CGEN LLVM IR generator is an extension of the CGEN framework that attempts to generate C++ translators that emit LLVM IR code semantically equivalent to a binary file in input.
Ideally, once an RTL CPU Architecture description is provided to CGEN LLVM IR generator, a C++ program is generated, accepting a stream containing a binary program compiled for the same architecture. The binary input is disassembled and the code is translated to a semantically equivalent LLVM IR program.
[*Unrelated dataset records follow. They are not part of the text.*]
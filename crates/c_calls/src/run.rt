// A tape run on two stores.
ghost use Rattle.std.specs.Prelude.{◌≡◌, true};
ghost use Rattle.engine.specs.Stores.{lists_of, Lent, Wrote};
ghost use Rattle.engine.specs.Beginning.{setup_with};
ghost use Rattle.log_store.specs.Log.{holds_log};
ghost use Rattle.tape.specs.Runs.{RunsTape};
ghost use Rattle.c_calls.specs.Policies.{policies_of};
ghost use Rattle.c_calls.specs.Setups.{setup_by, setup_on_logs};
ghost use Rattle.c_calls.specs.Runs.{lists, lists_wrote, lists_on_logs, logs_wrote, RunsBy};

use crate::check::check_logs;
use crate::policy::{PolicyEntry, PolicyList};
use log_store::LogStore;
use protocol::Refusal;
use rights::{LadderOrder, RightsOrder, VectorOrder};
use stores::{SliceStore, Store};
use tape::run_tape;

// On any two stores, by an order of one's own.
fn run_entries<C: Store, R: Store, O: RightsOrder>(
    order: &O,
    cells: &mut C,
    rights: &mut R,
    entries: &[PolicyEntry],
    tape: &[u8],
    lines: &mut [u8],
) -> Result<usize, Refusal>
    ensures runs { RunsTape (setup_with O.RightsOrder order.now (policies_of entries.now))
        (lists_of C.Store R.Store cells.old rights.old) (lists_of C.Store R.Store cells.new rights.new)
        (Wrote C.Store R.Store cells.old rights.old cells.new rights.new) tape.now lines.old lines.new result }
    ensures lent { Lent C.Store R.Store cells.old rights.old cells.new rights.new }
{
    let policies = PolicyList::new(entries)?;
    run_tape(tape, cells, rights, order, policies.as_slice(), lines)
}

// By the order of the thresholds. Two arms, since each order is a type of its own.
fn run_by<C: Store, R: Store>(
    thresholds: &[u32],
    cells: &mut C,
    rights: &mut R,
    entries: &[PolicyEntry],
    tape: &[u8],
    lines: &mut [u8],
) -> Result<usize, Refusal>
    ensures runs { RunsBy (setup_by thresholds.now (policies_of entries.now))
        (lists_of C.Store R.Store cells.old rights.old) (lists_of C.Store R.Store cells.new rights.new)
        (Wrote C.Store R.Store cells.old rights.old cells.new rights.new) tape.now lines.old lines.new result }
    ensures lent { Lent C.Store R.Store cells.old rights.old cells.new rights.new }
{
    match thresholds {
        [] => run_entries(&VectorOrder, cells, rights, entries, tape, lines),
        [read, write, restrict] => {
            let order = LadderOrder::new(*read, *write, *restrict)?;
            run_entries(&order, cells, rights, entries, tape, lines)
        }
        _ => Err(Refusal::BadThreshold),
    }
}

// On two lists of numbers, in place.
pub(crate) fn run_on_slices(
    thresholds: &[u32],
    cells: &mut [u32],
    rights: &mut [u32],
    entries: &[PolicyEntry],
    tape: &[u8],
    lines: &mut [u8],
) -> Result<usize, Refusal>
    ensures { RunsBy (setup_by thresholds.now (policies_of entries.now))
        (lists cells.old rights.old) (lists cells.new rights.new)
        (lists_wrote (lists cells.old rights.old) (lists cells.new rights.new)) tape.now lines.old lines.new result }
{
    let mut cell_store = SliceStore::new(cells);
    let mut right_store = SliceStore::new(rights);
    run_by(
        thresholds,
        &mut cell_store,
        &mut right_store,
        entries,
        tape,
        lines,
    )
}

// On two logs that were checked.
fn run_on_sound_logs(
    thresholds: &[u32],
    cells: &mut [u8],
    cell_count: usize,
    rights: &mut [u8],
    right_count: usize,
    entries: &[PolicyEntry],
    tape: &[u8],
    lines: &mut [u8],
) -> Result<usize, Refusal>
    requires cells { holds_log cell_count cells.old ≡ true }
    requires rights { holds_log right_count rights.old ≡ true }
    ensures { RunsBy (setup_by thresholds.now (policies_of entries.now))
        (lists_on_logs cell_count cells.old right_count rights.old)
        (lists_on_logs cell_count cells.new right_count rights.new)
        (logs_wrote cell_count cells.old cells.new right_count rights.old rights.new)
        tape.now lines.old lines.new result }
{
    let mut cell_store = LogStore::new(cells, cell_count);
    let mut right_store = LogStore::new(rights, right_count);
    run_by(
        thresholds,
        &mut cell_store,
        &mut right_store,
        entries,
        tape,
        lines,
    )
}

// On two logs: what is refused of them, before the day's own set-up, changes no byte.
pub(crate) fn run_on_logs(
    thresholds: &[u32],
    cells: &mut [u8],
    cell_count: usize,
    rights: &mut [u8],
    right_count: usize,
    entries: &[PolicyEntry],
    tape: &[u8],
    lines: &mut [u8],
) -> Result<usize, Refusal>
    ensures runs { RunsBy
        (setup_on_logs thresholds.now (policies_of entries.now) cell_count cells.old right_count rights.old)
        (lists_on_logs cell_count cells.old right_count rights.old)
        (lists_on_logs cell_count cells.new right_count rights.new)
        (logs_wrote cell_count cells.old cells.new right_count rights.old rights.new)
        tape.now lines.old lines.new result }
    ensures cells_sound { holds_log cell_count cells.new ≡ holds_log cell_count cells.old }
    ensures rights_sound { holds_log right_count rights.new ≡ holds_log right_count rights.old }
{
    check_logs(thresholds, cells, cell_count, rights, right_count)?;
    run_on_sound_logs(
        thresholds,
        cells,
        cell_count,
        rights,
        right_count,
        entries,
        tape,
        lines,
    )
}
Here's a brief list of tasks to be accomplished for a working prototype of the generator.
- CPU registers allocation
- Global variables allocation
- Test correctness towards .cpu files
- Disassambler
- Read an instruction word from a byte stream
- Decode instruction opcode
- Decode instruction fields into in-memory objects
- Provide dump() facilities
- Test against available .cpu files
- Semantic translator
To run CGEN LLVM IR generator, a convenient Python script is provided to hide the odds and quirks of Scheme and its implementation in Guile.
We assume you have a working Guile 1.8 environment set up on your machine, with the guile
executable exported in your system PATH. A guide to compile and install it is available here.
Also you are required to have LLVM 3.8.0 (+ development headers) installed (CMake must be able to find LLVM CMake Find script).
Optionally, you will need clang-format
installed to perform code formatting on generated C++ source files.
$ ./cgen-ir.py --help
usage: cgen-ir.py [-h] -a ARCH -m MACHINE [-i ISA] [-t DEC_H] [-d DEC_CPP]
[-r REG_H]
dstPath
A generator of LLVM-IR generators. Yes.
positional arguments:
dstPath Destination path
optional arguments:
-h, --help show this help message and exit
-a ARCH, --arch ARCH .cpu description file
-m MACHINE, --machine MACHINE
Variant of the architecture
-i ISA, --isa ISA ISA name of the architecture
-t DEC_H, --decoder-header DEC_H
Decoder header filename
-d DEC_CPP, --decoder-src DEC_CPP
Decoder source filename
-r REG_H, --registers-header REG_H
Registers allocation source filename
You are required to provide at least:
-a ARCH .cpu description file path
-m MACHINE the machine you want to generate translators for (e.g.: arch700)
destPath destination directory where to generate sources in
If you want to manually specify the name of generated sources you can use -t, -d, -r arguments.
Care: If your target .cpu file has multiple ISAs defined, you must provide a -i argument declaring which one you want to generate a translator for.
cgen-ir.py script generates source files along with a non-necessarily-working driver (i.e. main.cpp
) and a CMakeLists.txt
file.
You can easily compile the generated translator with the usual process in CMake
$ cd dstPath
$ mkdir build
$ cd build
$ cmake ..
$ make
An example on CGEN LLVM IR generator usage is available for ARC700 architecture here.